Türkiye Cumhuriyet Merkez Bankasında Kıdemli Uzman olarak görev yapmaktadır.

Editöre Not
Her türlü görüş, öneri
ve yorumlarınız için:
Mesaj Gönder

Türkiye Cumhuriyet Merkez Bankası (TCMB), bankalardan derlenen değerleme raporlarını kullanarak 2012 yılından itibaren aylık frekansta Türkiye için Konut Fiyat Endeksi (KFE) üretiyor. Tabakalanmış ortanca fiyatlardaki[1] değişim esas alınarak üretilmeye başlanan KFE, 2016 yılından itibaren kalite etkisini arındıran hedonik regresyon yöntemi ile üretiliyor.[2] TCMB, Temmuz 2024 yayını ile birlikte fiyat değişimlerindeki hareketleri aylık bazda ve böylece daha zamanlı bir şekilde kamuoyu ile paylaşmak amacıyla KFE hesaplama yönteminde değişikliğe gitti. Bu yazıda, yapılan revizyonun kapsamını ve endekslere etkilerini özetliyoruz.

Tablo 1, eski ve yeni yöntem arasındaki başlıca farklılıkları ortaya koyuyor. Yeni yöntem eski yönteme benzer şekilde hedonik regresyon ile kalite etkisinden arındırılmış fiyat değişimini hesaplıyor. Ancak eski yöntemden farklı olarak, baz dönem seçiminde, analiz için kullanılan veri setinde, regresyon düzeylerinde, model değişkenlerinde, ağırlıklandırma yaklaşımında ve yayın kırılımında kapsamlı değişiklikler yapılıyor.

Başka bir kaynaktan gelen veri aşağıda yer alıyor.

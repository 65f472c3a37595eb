//! The call that makes a machine.

ghost use Rattle.std.specs.Prelude.{◌≡◌, ◌<◌, ◌≤◌, ◌++◌, [], ◌∷◌, length, map, Some, None, true, false, IfOk, IfErr, OnErr};
ghost use Rattle.xe_mem.specs.Layout.{IsLayout, zeroed};
ghost use Rattle.x86emu_c.specs.Emulated.{machine_in, fresh, seen};
ghost use Rattle.x86emu_c.specs.Regions.{region_of, regions_of};

use crate::access::X86emuRegion;
use crate::emulator::Emulator;
use crate::handle::Handle;
use crate::status::{BAD_REGION, HAS_MACHINE, NO_MEMORY, OK, TOO_LARGE};
use arrayvec::ArrayVec;
use std::alloc::Global;
use xe_mem::{GuestMem, MAX_REGIONS, MemFault, Region};

/// The regions in the library's own type.
fn copied(regions: &[X86emuRegion]) -> ArrayVec<Region, 16>
    requires { length regions.now ≤ 16 }
    ensures { result.items ≡ regions_of regions.now }
{
    let mut list = ArrayVec::new();
    for region in regions {
        list.push(Region {
            start: region.start,
            len: region.length,
        });
    }
    list
}

/// A machine in its box; or the status by which it is refused.
fn made(alloc: Global, regions: &[X86emuRegion]) -> Result<Box<Emulator>, u32>
    ensures made { IfOk result (λ b. seen b.value ≡ fresh (zeroed (regions_of regions.now))) }
    ensures refused { IfErr result (λ status. 0 < status) }
    ensures layout { IfOk result (λ b. IsLayout (regions_of regions.now)) }
    ensures memory { IsLayout (regions_of regions.now) → IfErr result (λ status. status ≡ 3) }
{
    if regions.len() > MAX_REGIONS {
        return Err(TOO_LARGE);
    }
    let list = copied(regions);
    let ram = match GuestMem::create(alloc, list.as_slice()) {
        Ok(ram) => ram,
        Err(MemFault::NoMemory) => return Err(NO_MEMORY),
        Err(MemFault::BadRegion(_)) => return Err(BAD_REGION),
        Err(MemFault::TooLarge) => return Err(TOO_LARGE),
    };
    match Box::new(alloc, Emulator::new(ram)) {
        Ok(b) => Ok(b),
        Err(_) => Err(NO_MEMORY),
    }
}

#[unsafe(no_mangle)]
pub extern "C" fn x86emu_create(alloc: Global, m: &mut Handle, regions: &[X86emuRegion]) -> u32
    ensures twice { m.old.live ≡ true → result ≡ 2 }
    ensures made { result ≡ 0 → machine_in m.new ≡ Some (fresh (zeroed (regions_of regions.now))) }
    ensures layout { result ≡ 0 → IsLayout (regions_of regions.now) }
    ensures memory { m.old.live ≡ false → IsLayout (regions_of regions.now) → 0 < result → result ≡ 3 }
    ensures stays { 0 < result → machine_in m.new ≡ machine_in m.old }
{
    if m.is_live() {
        return HAS_MACHINE;
    }
    match made(alloc, regions) {
        Ok(b) => {
            *m = Handle::of(b);
            OK
        }
        Err(status) => status,
    }
}
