//! What a machine of C's is.

ghost use Rattle.std.specs.Prelude.{◌≡◌};
ghost use Rattle.xe_ctx.specs.Machine.{state_of};

use crate::mailbox::Mailbox;
use xe_base::Cpu;
use xe_ctx::{Machine, Record, Report};
use xe_icpt::SvmSet;

/// What the pointer in C's struct stands for.
#[derive(Drop)]
pub struct Emulator {
    pub machine: Machine,
    /// The machine's registers, on which a run works: they aren't copied at each.
    pub draft: Cpu,
    /// What a suspended step keeps, with the access that awaits its answer.
    pub suspended: Record,
    pub intercepts: SvmSet,
    pub mailbox: Mailbox,
    /// Of the last run. It stays from run to run, since to make it anew would cost more than a step.
    pub report: Report,
    ghost drawn: { draft ≡ (state_of machine).cpu },
}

İki yöntem arasındaki en belirgin fark, endeksin 3 aylık hareketli veri seti yerine aylık veri seti kullanılarak hesaplanması. Örnekle açıklamak gerekirse, eski yöntemde 2024 yılının nisan, mayıs ve haziran aylarına ait veriler birleştirilmekte ve bu veri setiyle hesaplanan endeks Mayıs 2024 endeksi olarak yayımlanmakta iken yeni yöntemde Mayıs 2024 endeks değeri sadece mayıs ayı verisi kullanılarak hesaplanıyor. Üç aylık veri seti ile yapılan hesaplamalar ilgili ay ile beraber önceki ve sonraki ayın etkilerini de içerdiği için zamanlılık problemi ortaya çıkabiliyordu. Bu da piyasa koşullarının hızlı değiştiği dönemlerde fiyat gelişmelerinin doğru takip edilebilmesini zorlaştırıyordu. Aylık veri seti ile yapılan hesaplamalar ise bu sorunu ortadan kaldırarak konjonktürel gelişmeler karşısında endeksteki değişimlerin daha doğru ve zamanlı gözlemlenebilmesine imkân veriyor. Örneğin, pandemi döneminde, 2020 yılı haziran ayında konut kredilerinde yapılan kampanyanın etkileri eski yöntemle yapılan hesaplamada nisan, mayıs ve haziran verileriyle hesaplanan ve temmuz ayında yayımlanan mayıs ayı endeksinde görülüyor (Grafik 1). Bu durum, konut fiyatlarının mayıs ayında hızlı bir artış kaydettiği şeklinde hatalı bir çıkarıma neden olabilir. Aylık verilerin kullanıldığı yeni yöntem ise, 2020 yılındaki en yüksek artışın kampanya etkisinin yaşandığı haziran ayında kaydedildiğini gösteriyor.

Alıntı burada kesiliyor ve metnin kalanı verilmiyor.